The operation to retake the building was led by General Jesús Armando Arias Cabrales, commander of the Thirteenth Army Brigade in Bogotá; he appointed Colonel Alfonso Plazas, commander of an armored cavalry battalion, to personally oversee the operation. The retaking of the building began that day and ended on 7 November, when Army troops stormed the Palace of Justice, after having occupied some of the lower floors during the first day of the siege. After surrounding the building with EE-9 Cascavel armored cars and soldiers with automatic weapons, they stormed the building sometime after 2 pm. The EE-9s knocked down the building's massive doorway, and even made some direct hits against the structure's external walls.
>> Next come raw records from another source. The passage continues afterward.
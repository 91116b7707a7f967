// The depth-first walk over the children of a board. Private helpers; they ask that board and tiles
// have been tested. The tiles are lent to every level.
ghost use Rattle.std.specs.Prelude.{◌≡◌, List, ◌+◌, ◌/◌, ◌<◌, length};
ghost use Rattle.std.proofs.Math.Bool.{So};
ghost use Rattle.tile.specs.Path.{Path};
ghost use Rattle.tiles.specs.Paths.{contains_single, paths_in};
ghost use Rattle.board.specs.Board.{board_of};
ghost use Rattle.rectangle.specs.Board.{free_count, valid};
ghost use Rattle.single_tiling.specs.Inner.{first_tiling_from, place_for, Held, Walked};

use crate::fits::CellFits;
use board::RectangularBoard;
use cells::list;
use tiles::Tiles;

// The chosen cell of a board, unless the board is pruned or full.
fn choose_place(here: RectangularBoard, single: bool) -> Option<usize>
    requires { So (valid (board_of here)) }
    ensures { (paths : List Path) → single ≡ contains_single paths → result ≡ place_for (board_of here) paths }
{
    let found = here.chosen_cell().unwrap();
    let (cell, count) = found?;
    if single {
        return Some(cell);
    }
    if count == 4 {
        return None;
    }
    Some(cell)
}

// The walk from a board on: the boards from it to a full one, into the lent words behind as many as
// depth says. The number of free cells falls with every piece.
pub fn descend(
    here: RectangularBoard,
    tiles: &Tiles,
    single: bool,
    out: &mut [u64],
    depth: usize,
) -> Option<usize>
    requires { Held (board_of here) tiles.now single × (depth + free_count (board_of here) < length out.old / 4) }
    ensures { Walked (first_tiling_from (board_of here) (paths_in tiles.now)) depth out.old out.new result }
{
    list::put(out, depth, here.marks());
    let full = here.is_all_marked().unwrap();
    if full {
        return Some(depth + 1);
    }
    let cell = choose_place(here, single)?;
    let fits = CellFits {
        board: here,
        tiles,
        cell,
    };
    for i in 0..33 * tiles.count {
        let Some(piece) = fits.new_fit(i) else {
            continue;
        };
        let child = here.mark_tile_at_position(piece);
        let found = descend(child, tiles, single, out, depth + 1);
        if found.is_some() {
            return found;
        }
    }
    None
}
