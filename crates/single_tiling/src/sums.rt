// Whether a number of cells is a sum of the tiles' numbers of cells, each as often as wanted. Where
// the number of free cells is no such sum, there is no tiling. Private helpers; they ask that the
// tiles have been tested.
ghost use Rattle.std.specs.Prelude.{◌≡◌, false, true, ◌&&◌, [], map, ℕ, ◌-◌, ◌≤◌, ◌<◌, leb, get_or};
ghost use Rattle.cells.specs.Lists.{any};
ghost use Rattle.tile.specs.Path.{cell_count};
ghost use Rattle.tiles.specs.Paths.{paths_in};
ghost use Rattle.single_tiling.specs.Inner.{Read, IsSum};

use tiles::Tiles;

// The numbers of cells of the tiles, in their order.
fn cell_counts(tiles: Tiles) -> [usize; 64]
    requires { Read tiles }
    ensures { (i : ℕ) → i < tiles.count → get_or result i 0 ≡ cell_count (get_or (paths_in tiles) i []) }
{
    let mut sizes = [0usize; 64];
    for i in 0..tiles.count {
        sizes[i] = tiles.get(i).count_cells().unwrap();
    }
    sizes
}

// Whether n is one of the sizes more than a number that is marked in the table.
fn is_one_more(table: &[bool; 257], sizes: &[usize], n: usize) -> bool
    requires { n ≤ 256 }
    ensures { result ≡ any (λ a. leb a n && get_or table.now (n - a) false) sizes.now }
{
    for size in sizes {
        if *size <= n && table[n - size] {
            return true;
        }
    }
    false
}

// Whether a number is a sum of the tiles' numbers of cells. The contract says that a sum is told; no
// answer depends on the other side.
pub fn is_sum(tiles: Tiles, n: usize) -> bool
    requires { Read tiles × (n ≤ 256) }
    ensures { IsSum (map cell_count (paths_in tiles)) n → result ≡ true }
{
    let sizes = cell_counts(tiles);
    let mut table = [false; 257];
    table[0] = true;
    for m in 1..=n {
        table[m] = is_one_more(&table, &sizes[..tiles.count], m);
    }
    table[n]
}
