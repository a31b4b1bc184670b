//! What a tenant's history contains. A history lists its moments newest first.
ghost use Rattle.std.specs.Prelude.{◌≡◌, ◌++◌, ◌≤◌, ◌+◌, ◌==◌, IfOk, IfErr, IfSome, Some, length, filter, min, option_copied, slice_get, nat_eq};
ghost use Rattle.std.specs.List.{filter_map, list_any};
ghost use Rattle.std.specs.Option.{option_map};
ghost use Rattle.stamps.specs.Limits.{max_counter};
ghost use Rattle.plain_store.specs.History.{begun_by, client_gained, clients_known, collection, counter, counter_gained, counter_in, counter_taken, decided, ends, exchange_of, is_by, is_last, is_move, is_of, keep_in, log_at, lost_rows, message_at, messages, one_if_by, row_lost, running, session, session_after, stamp_decided, taken, taken_in, tickets, took, transaction_of};
ghost use Rattle.plain_store.specs.declared.message.Message.{Message as Sent};
ghost use Rattle.oracle.specs.Words.{Counts, plain_request, session_of};
ghost use Rattle.plain_store.specs.Whole.{IsWhole};

use super::lists;
use super::log::Exchange;
use super::replies::Room;
use plain_store::{Act, Answer, Call, Message, ReadReply, Reply};
use stamps::{Client, Item, Keep, Key, Stamp, Tag};
use std::alloc::{AllocError, Global};
use std::marker::Model;

/// What one tenant's store is opened with.
#[derive(Clone, Copy)]
pub(super) struct Setup {
    pub(super) partitions: u32,
    pub(super) room: Room,
    pub(super) keep: Keep,
}

impl Model for Setup {
    ghost use Rattle.stamps.specs.Bounds.{IsParts};
    ghost use Rattle.plain_store.specs.Words.{Setup as Opening};

    ghost Value = { Opening };

    ghost view = { λ s. record { partitions = s.partitions; room = s.room; keep = s.keep } };

    ghost invariant = { λ s. IsParts s.partitions };

    ghost inverse = { λ s. record { partitions = s.partitions; room = s.room; keep = s.keep } };
}

/// One step: what was asked, what was answered and which messages were sent.
#[derive(Drop)]
pub(super) struct Moment<'a> {
    pub(super) act: &'a Act,
    pub(super) answer: Answer,
    pub(super) sent: Vec<Message>,
}

impl<'a> Model for Moment<'a> {
    ghost use Rattle.plain_store.specs.History.{Moment as Recorded, begun_by};
    ghost use Rattle.plain_store.specs.Whole.{BeginsWhole};

    ghost Value = { Recorded };

    ghost view = { λ m. record { act = m.act.now; answer = m.answer; sent = m.sent.items } };

    ghost invariant = { λ m. BeginsWhole (begun_by m.act.now m.answer) };
}

/// Whether a client ever said hello, and whether it stopped since.
#[derive(Clone, Copy)]
pub(super) enum SessionState {
    NeverOpened,
    Open,
    Closed,
}

/// A transaction that a client began.
#[derive(Drop)]
pub(super) struct Transaction<'a> {
    pub(super) client: Client,
    pub(super) ticket: u64,
    /// How many steps were before its own.
    pub(super) begun: u64,
    pub(super) request: Intent<'a>,
}

impl<'a> Model for Transaction<'a> {
    ghost use Rattle.plain_store.specs.History.{Transaction as Begun};
    ghost use Rattle.oracle.specs.Words.{plain_request};
    ghost use Rattle.plain_store.specs.Whole.{IsWhole};

    ghost Value = { Begun };

    ghost view = { λ t. record { client = t.client; ticket = t.ticket; begun = t.begun; request = plain_request t.request } };

    ghost invariant = { λ t. IsWhole (plain_request t.request) };
}
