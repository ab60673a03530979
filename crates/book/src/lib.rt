// A book of templates (document 01, "A book"): what finding a template answers, and the judgment that its reader and
// its writer share.
#![tactic(auto)]

mod answers;
mod table;

pub use answers::Template;
pub use table::good_pair;
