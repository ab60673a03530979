// The table of a book: a slot and a length for each template.
ghost use Rattle.std.specs.Prelude.{◌≡◌};
ghost use Rattle.book.specs.Table.{good_pair};

// Judges a slot, which is at least `least`, and its length.
pub fn good_pair(least: u8, slot: u8, len: u8) -> bool
    ensures { result ≡ good_pair least slot len }
{
    if slot < least {
        return false;
    }
    if 15 < slot {
        return false;
    }
    if len < 1 {
        return false;
    }
    len <= 200
}
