// The printer's state as bytes, in the layout of the C interface (include/rabtunex.h).
#![tactic(auto)]

mod state;

pub use state::{printer_in, put_printer};
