// Whether a telegram is the printer's reply to this controller.
ghost use Rattle.std.specs.Prelude.{◌≡◌};
ghost use Rattle.protocol.specs.Controller.{is_sd2, is_printers};

use fdl::{Format, Header};
use protocol::Settings;

fn is_sd2(format: Format) -> bool
    ensures { result ≡ is_sd2 format }
{
    matches!(format, Format::Sd2)
}

// The printer's: SD2 with function code 08, from the printer address set to the controller address set.
pub(crate) fn is_printers(settings: Settings, format: Format, header: Header) -> bool
    ensures { result ≡ is_printers settings format header }
{
    if !is_sd2(format) {
        return false;
    }
    if header.fc != 0x08 {
        return false;
    }
    if header.sa != settings.printer {
        return false;
    }
    header.da == settings.controller
}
The official version of the attack holds that, in an effort to complete one of the 2 objectives they had assaulted the palace for, the M-19 guerrillas burnt different criminal records containing proof and warrants against many members of the group. It is also believed, but argued whether they also burnt records against Pablo Escobar, one of the nation's biggest drug traffickers at the time. However, "no one knows with absolutely certainty what happened. The results of the tests carried out later by ballistics experts and investigators demonstrated the most likely cause to have been the recoil effect of the army's rockets. Tests proved that if fired by a soldier standing twenty feet of wood-lined walls of the library that housed Colombian legal archives, the intense heat generated by the rocket's rear blast could have ignited the wooden paneling. In any event, in a shelved area stacked high with old papers, files, books, and newspapers, the quantity of explosives used by the military virtually guaranteed a conflagration." In total, over 6000 different documents were burned. The fire lasted about 2 days, even with efforts from firemen to try and smother the flames. An investigated theory to the "disappearance" of the missing entities in the siege is that they were charred in the fire, and were not able to be identified in any way, and without having been found, these entities are regarded as missing in action. This theory is still being studied in the different trials of the case.

More than 100 people died during the final assault on the Palace. Those killed consisted of hostages, soldiers, and guerrillas, including their leader Andrés Almarales and four other senior commanders of M-19. After the raid, another Supreme Court justice died in a hospital after suffering a heart attack.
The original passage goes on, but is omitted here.